6) superior extent of advancement flap(length of #5 to #6 equal height of non-cleft lip(#4 to #8),

7) point on cleft side alar crease such that length of #5 to #7 equals length of #1 to #2,

8) And 9) the superior extent of the rotation incision.

Through and through cuts are made for the non-cleft side rotation flap, allowing # 4 to drop down with # 2. (The small remaining triangular tissue attached to the columella is Millard's C flap). The cleft side advancement flap is now made, with distance #5 to #6 corresponding to distance #8 to #4 in its newly rotated position. Next, the cleft and non- cleft lip segments are separated in a supraperiosteal plane from the maxilla. The cleft side nasal ala incision is then made (#6 to #7), and the external and vestibular skin is separated from the cleft side lower lateral cartilage. Next, the tip of the advancement flap (#6) is brought to point #9(base of the columella). The remaining sutures are then placed to complete the repair. Bilateral cleft repair, although more complex, is performed using similar principles.

Cleft Palate

Several techniques for cleft palate repair have been developed over the past 3 decades. The current trend is toward procedures that involve less denuding and scarring of the hard palate, and less tension on the soft palate. Although controversial, many authors believe there is a relationship between scar formation of the palatal repair and the impaired mid-facial growth that is observed in most patients with cleft palate. Bony abnormalities that develop include collapse of the alveolar arches, midface retrusion, and malocclusion. Facial growth may also be affected by the age when the repair is performed. Some surgeons advocate later repair, because facial growth is less affected when surgery is delayed until 18-24 months of age. Others advocate an earlier repair, stating that feeding, speech and socialization are improved if the surgery is performed by the 1st year of life, and that facial growth problems can be minimized with less traumatic palate repairs. Several methods of cleft palate repair have been described.

The two-flap techniques, such as those described by Bardach or Furlow are used commonly in the United States today. In the Bardach repair, a single posteriorly based mucoperiosteal flap is developed over each palatal shelf. In this repair, medial incisions are made which separate the oral and nasal mucosa, and lateral incisions are made at the junction of the palate and alveolar ridge. The mucoperiosteal flaps are elevated, taking care to identify and preserve the neurovascular bundle containing the greater palatine artery. Next, the velar muscle is detached from its attachment to the posterior border of the palatal shelves. The palate is then closed in three layers, 1st nasal mucosa, then velar muscle, and finally oral mucosa. The lateral palate incisions are closed loosely. Bilateral cleft palate repairs are performed in similar fashion. Cleft palate patients at high surgical risk or who refuse surgical treatment may use a dental obturator to obtain velopharyngeal competence. Disadvantages of dental obturators include the necessity of wearing a prosthesis and the need for modification of the prosthesis as the patient grows.
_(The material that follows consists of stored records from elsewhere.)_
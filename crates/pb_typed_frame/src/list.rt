//! The functions of a program text, one after the other.

ghost use Rattle.std.specs.Prelude.{◌≡◌, ◌++◌, ◌∷◌, [], OnOk, IfOk, map, if◌then◌else◌};
ghost use Rattle.pb_local.specs.Tree.{program_of};
ghost use Rattle.pb_ctree.specs.Functions.{has_words};
ghost use Rattle.pb_typed.specs.Functions.{body_name, function, kernel_function, kind_of, label_functions, labels_functions, typed_functions};
ghost use Rattle.pb_typed.specs.declared.function.Role.TheVariants.{Makes, MakesOwn, GivesRoom, Takes, TakesOwn};

use crate::labels::carried_of;
use pb_ctree::{CoreKernel, CoreLabel, KName, KernelKind, Kind, Local, Name, has_words};
use pb_text::NoMemory;
use pb_typed::{Function, Role};
use pb_typed_types::Carried;
use std::alloc::Global;

fn push(out: &mut Vec<Function>, role: Role, name: Name) -> Result<(), NoMemory>
    ensures { OnOk result (out.new.items ≡ out.old.items ++ function role name ∷ []) }
{
    out.push(Function { role, name })?;
    Ok(())
}

fn push_words(out: &mut Vec<Function>, name: Name) -> Result<(), NoMemory>
    ensures { OnOk result (out.new.items ≡ out.old.items ++ function Makes name ∷ function Takes name ∷ []) }
{
    push(out, Role::Makes, name)?;
    push(out, Role::Takes, name)
}

fn push_own(out: &mut Vec<Function>, name: Name) -> Result<(), NoMemory>
    ensures { OnOk result (out.new.items ≡ out.old.items ++ function MakesOwn name ∷ function GivesRoom name ∷ function TakesOwn name ∷ []) }
{
    push(out, Role::MakesOwn, name)?;
    push(out, Role::GivesRoom, name)?;
    push(out, Role::TakesOwn, name)
}

fn push_label(out: &mut Vec<Function>, label: &CoreLabel, carried: Carried) -> Result<(), NoMemory>
    ensures { OnOk result (out.new.items ≡ out.old.items ++ (if has_words label.now.payload then label_functions carried label.now else [])) }
{
    if !has_words(label.payload) {
        return Ok(());
    }
    match carried {
        Carried::Words => push_words(out, label.name),
        Carried::Fixed { .. } => push_words(out, label.name),
        Carried::Open { .. } => push_own(out, label.name),
    }
}

fn push_labels(
    out: &mut Vec<Function>,
    labels: &[CoreLabel],
    types: &[Carried],
) -> Result<(), NoMemory>
    ensures { OnOk result (out.new.items ≡ out.old.items ++ labels_functions labels.now types.now) }
{
    for (at, label) in labels.iter().enumerate() {
        push_label(out, label, carried_of(types, at))?;
    }
    Ok(())
}

fn push_kernel(out: &mut Vec<Function>, kernel: &CoreKernel) -> Result<(), NoMemory>
    ensures { OnOk result (out.new.items ≡ out.old.items ++ kernel_function kernel.now ∷ []) }
{
    match kernel.kind {
        KernelKind::Compute => push(out, Role::Computes, kernel.name),
        KernelKind::Choice => push(out, Role::Chooses, kernel.name),
    }
}

fn push_kernels(out: &mut Vec<Function>, kernels: &[CoreKernel]) -> Result<(), NoMemory>
    ensures { OnOk result (out.new.items ≡ out.old.items ++ map kernel_function kernels.now) }
{
    for kernel in kernels {
        push_kernel(out, kernel)?;
    }
    Ok(())
}

/// The functions of a program text, in printed order.
pub fn program_functions(
    alloc: Global,
    local: &Local,
    types: &[Carried],
) -> Result<Vec<Function>, NoMemory>
    ensures { IfOk result (λ list. list.items ≡ typed_functions (program_of local.now) types.now) }
{
    let mut list = Vec::new(alloc);
    push_labels(&mut list, &local.labels, types)?;
    push_kernels(&mut list, &local.kernels)?;
    Ok(list)
}

fn kind_of(role: Role) -> Kind
    ensures { result ≡ kind_of role }
{
    match role {
        Role::Makes | Role::MakesOwn => Kind::Make,
        Role::GivesRoom => Kind::Room,
        Role::Takes | Role::TakesOwn => Kind::Take,
        Role::Computes => Kind::Compute,
        Role::Chooses => Kind::Choice,
    }
}

/// The name that a function's body has.
pub fn body_name(function: &Function) -> KName
    ensures { result ≡ body_name function.now }
{
    KName {
        kind: kind_of(function.role),
        name: Some(function.name),
    }
}
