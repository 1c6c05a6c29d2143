use pb_text::{NoMemory, Place, Quantity};
use std::alloc::AllocFailed;

/// Why inlining stops.
#[derive(Clone, Copy)]
pub enum Halt {
    /// This limit is passed, by this statement of the protocol or by what comes of it.
    TooMany(Quantity, Place),
    NoMemory,
}

impl<T: Drop> From<AllocFailed<T>> for Halt {
    ghost use Rattle.std.specs.Prelude.{◌≡◌};
    ghost use Rattle.pb_do_inline.specs.declared.halt.Halt.TheVariants.{NoMemory};

    ghost from_gives = { λ _ e. e ≡ NoMemory };

    fn from(_: AllocFailed<T>) -> Self {
        Halt::NoMemory
    }
}

impl From<NoMemory> for Halt {
    ghost use Rattle.std.specs.Prelude.{◌≡◌};
    ghost use Rattle.pb_do_inline.specs.declared.halt.Halt.TheVariants.{NoMemory};

    ghost from_gives = { λ _ e. e ≡ NoMemory };

    fn from(_: NoMemory) -> Self {
        Halt::NoMemory
    }
}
1. Bardach J, Morris HL, eds. Multidisciplinary management of cleft lip and palate. Philadephia: WB Saunders, 1990.

2. Bumsted RM. Cleft lip and palate. In: Cummings CW, et al.,eds. Otolaryngology-Head and Neck Surgery. St. Louis: CV Mosby, 1988.

3. Crockett DM, Seibert RW, and Bumsted RM. Cleft lip and palate: the primary deformity. In: Bailey BJ, et al, eds. Head and Neck Surgery- Otolaryngology. Philadelphia: Lippincott Co., 1993.

4. Crockett DM. Velopharyngeal incompetence. In: Healy GB, ed. Common problems in pediatric otolaryngology. Chicago: Year Book, 1990.

5. Holt GR and Watson MJ. The otolaryngologist's role in the craniofacial anomalies team. Otolaryngol Head Neck Surg 92:406, 1984.

6. Seibert RW. Lip adhesion in bilateral cleft lip. Arch Otol Head Neck Surg 109:434, 1983.